Your objective >>
Pull each line holding "failed" out of the entries below.
Provided records: Begin
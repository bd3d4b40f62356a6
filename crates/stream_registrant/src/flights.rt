//! What is written to a connection.
ghost use Rattle.std.specs.Prelude.{◌≡◌, ◌+◌, ◌*◌, ◌<◌, ◌≤◌, ℕ, List};
ghost use Rattle.std.specs.Prelude.{◌∷◌, ◌++◌, [], length, take, IfOk, IfSome};
ghost use Rattle.message_model.specs.Spelling.{spelling};
ghost use Rattle.stream_model.specs.Messages as messages;
ghost use Rattle.client_model.specs.declared.asks.TheConstants.{TOKEN_SIZE};
ghost use Rattle.client_model.specs.declared.asks.Ask.{Ask};
ghost use Rattle.client_model.specs.Requests.{CanBeSent, message_of};
ghost use Rattle.stream_registrant.specs.Saying as saying;
ghost use Rattle.stream_registrant.specs.Saying.{IsBegun, IsFlight, IsSaid, voice_seen};

use crate::Unanswered;
use client_model::{Ask, TOKEN_SIZE};
use message_model::MAX_MESSAGE_SIZE;
use rd_base::{Moment, Sink, Starved, write_all};
use registrant::{Talk, ask_again};
use std::alloc::Global;
use stream_model::signals::{ABORT, CSM, PONG};
use stream_model::{FIRST_EXTENDED, FIRST_LONG, MAX_STREAM_MESSAGE};

/// The most octets that are written at once: those of a CSM and of a datagram.
pub(crate) const MAX_FLIGHT: usize = MAX_MESSAGE_SIZE + 2;

/// Puts octets at an index, and returns the index after them.
fn put_octets(octets: &mut [u8], at: usize, piece: &[u8]) -> usize
    requires { at + length piece.now ≤ length octets.old }
    ensures end { result ≡ at + length piece.now }
    ensures put { take result octets.new ≡ take at octets.old ++ piece.now }
{
    octets[at..at + piece.len()].copy_from_slice(piece);
    at + piece.len()
}

/// Puts the lengths of a message with a token and a tail of these numbers of octets, and returns
/// the index after them (RFC 8323 section 3.2).
#[rattlefmt::skip]
#[tactic(
    auto,
    unfolding(
        stream_model::specs::Messages::nibble_of,
        stream_model::specs::Messages::extension_of
    )
)]
fn put_lengths(octets: &mut [u8], at: usize, token: usize, tail: usize) -> usize
    requires room { at + 3 ≤ length octets.old }
    requires token { token < 16 }
    requires tail { tail ≤ 1280 }
    ensures few { (at ≤ result) × (result ≤ at + 3) }
    ensures put { take result octets.new
        ≡ take at octets.old
        ++ ((messages.nibble_of tail * 16 + token) ∷ messages.extension_of tail) }
{
    if tail < FIRST_EXTENDED {
        return put_octets(octets, at, &[(tail * 16 + token) as u8]);
    }
    if tail < FIRST_LONG {
        let more = (tail - FIRST_EXTENDED) as u8;
        return put_octets(octets, at, &[(13 * 16 + token) as u8, more]);
    }
    let long = tail - FIRST_LONG;
    let first = (14 * 16 + token) as u8;
    put_octets(octets, at, &[first, (long / 256) as u8, (long % 256) as u8])
}

/// Puts the CSM that begins a connection, unless it was sent before, and returns the index after it
/// (RFC 8323 section 5.3).
#[rattlefmt::skip]
#[tactic(
    auto,
    unfolding(
        stream_model::specs::Messages::nibble_of,
        stream_model::specs::Messages::extension_of,
        stream_model::specs::Messages::lengths_spelling
    )
)]
fn put_opening(octets: &mut [u8], is_open: bool) -> usize
    requires { 2 ≤ length octets.old }
    ensures few { result ≤ 2 }
    ensures put { take result octets.new ≡ saying.opening is_open }
{
    if is_open {
        return 0;
    }
    put_octets(octets, 0, &[0, CSM])
}

/// Puts the message of a request, by its code and its datagram, and returns the index after it (RFC
/// 8323 section 3.2).
fn put_request(octets: &mut [u8], at: usize, code: u8, datagram: &[u8]) -> usize
    requires room { at + length datagram.now ≤ length octets.old }
    requires least { 12 ≤ length datagram.now }
    requires most { length datagram.now ≤ 1280 }
    ensures few { (at ≤ result) × (result ≤ at + length datagram.now) }
    ensures put { (ask : Ask) (token : List ℕ)
        → length token ≡ TOKEN_SIZE
        → code ≡ ask.code
        → datagram.now ≡ spelling (message_of ask 0 token)
        → take result octets.new ≡ take at octets.old ++ saying.request_octets ask token }
{
    let rest = &datagram[4..];
    let lengths = put_lengths(octets, at, TOKEN_SIZE, rest.len() - TOKEN_SIZE);
    let behind = put_octets(octets, lengths, &[code]);
    put_octets(octets, behind, rest)
}

/// Returns the talk of an ask with this token, whose datagram is the request in the form of a
/// confirmable message.
fn talk_of(alloc: Global, ask: &Ask, token: &[u8; TOKEN_SIZE]) -> Result<Talk, Starved>
    requires { CanBeSent ask.now }
    ensures { IfOk result (λ talk. talk.octets ≡ spelling (message_of ask.now 0 token.now)) }
{
    let ask = ask_again(alloc, ask)?;
    Talk::start(alloc, ask, 0, *token, Moment(0), 0)
}

/// Puts a CSM, unless it was sent before, and then the message of a request by its code and its
/// datagram. Returns the index after them, or `None` if the message has more than 1,152 octets.
fn put_flight(
    octets: &mut [u8; MAX_FLIGHT],
    is_open: bool,
    code: u8,
    datagram: &[u8],
) -> Option<usize>
    requires least { 12 ≤ length datagram.now }
    requires most { length datagram.now ≤ 1280 }
    ensures few { IfSome result (λ end. end ≤ 1282) }
    ensures put { (ask : Ask) (token : List ℕ)
        → length token ≡ TOKEN_SIZE
        → code ≡ ask.code
        → datagram.now ≡ spelling (message_of ask 0 token)
        → IsFlight is_open ask token result octets.new }
{
    let opening = put_opening(octets, is_open);
    let end = put_request(octets, opening, code, datagram);
    if end - opening > MAX_STREAM_MESSAGE {
        return None;
    }
    Some(end)
}

/// Writes a CSM, unless it was sent before, and then the message of a request.
pub(crate) fn begin<K: Sink>(
    alloc: Global,
    is_open: bool,
    ask: &Ask,
    token: &[u8; TOKEN_SIZE],
    out: &mut K,
) -> Result<(), Unanswered>
    requires { CanBeSent ask.now }
    ensures { IsBegun (saying.opening is_open) (saying.request_octets ask.now token.now)
        (voice_seen K.Sink.own out.old) (voice_seen K.Sink.own out.new) result }
{
    let Ok(talk) = talk_of(alloc, ask, token) else {
        return Err(Unanswered::Starved);
    };
    let mut octets = [0u8; MAX_FLIGHT];
    let Some(end) = put_flight(&mut octets, is_open, ask.code, talk.bytes()) else {
        return Err(Unanswered::Size);
    };
    if !write_all(out, &octets[..end]) {
        return Err(Unanswered::Write);
    }
    Ok(())
}

/// Puts a Pong with this token, and returns the index after it (RFC 8323 section 5.4).
#[rattlefmt::skip]
#[tactic(
    auto,
    unfolding(
        stream_model::specs::Messages::nibble_of,
        stream_model::specs::Messages::extension_of,
        stream_model::specs::Messages::lengths_spelling
    )
)]
fn put_pong(octets: &mut [u8; 17], token: &[u8]) -> usize
    requires { length token.now < 16 }
    ensures few { result ≤ 17 }
    ensures put { take result octets.new ≡ saying.pong token.now }
{
    let lengths = put_octets(octets, 0, &[token.len() as u8, PONG]);
    put_octets(octets, lengths, token)
}

/// Writes a Pong with this token (RFC 8323 section 5.4). Returns whether no write failed.
pub(crate) fn say_pong<K: Sink>(out: &mut K, token: &[u8]) -> bool
    requires { length token.now < 16 }
    ensures { IsSaid (saying.pong token.now) (voice_seen K.Sink.own out.old)
        (voice_seen K.Sink.own out.new) result }
{
    let mut octets = [0u8; 17];
    let end = put_pong(&mut octets, token);
    write_all(out, &octets[..end])
}

/// Writes an Abort (RFC 8323 section 5.6). Returns whether no write failed.
pub(crate) fn say_abort<K: Sink>(out: &mut K) -> bool
    ensures { IsSaid saying.abort (voice_seen K.Sink.own out.old)
        (voice_seen K.Sink.own out.new) result }
{
    write_all(out, &[0, ABORT])
}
Provided records: End
Answer box >>
/// Writes a Pong with this token (RFC 8323 section 5.4). Returns whether no write failed.
/// Writes an Abort (RFC 8323 section 5.6). Returns whether no write failed.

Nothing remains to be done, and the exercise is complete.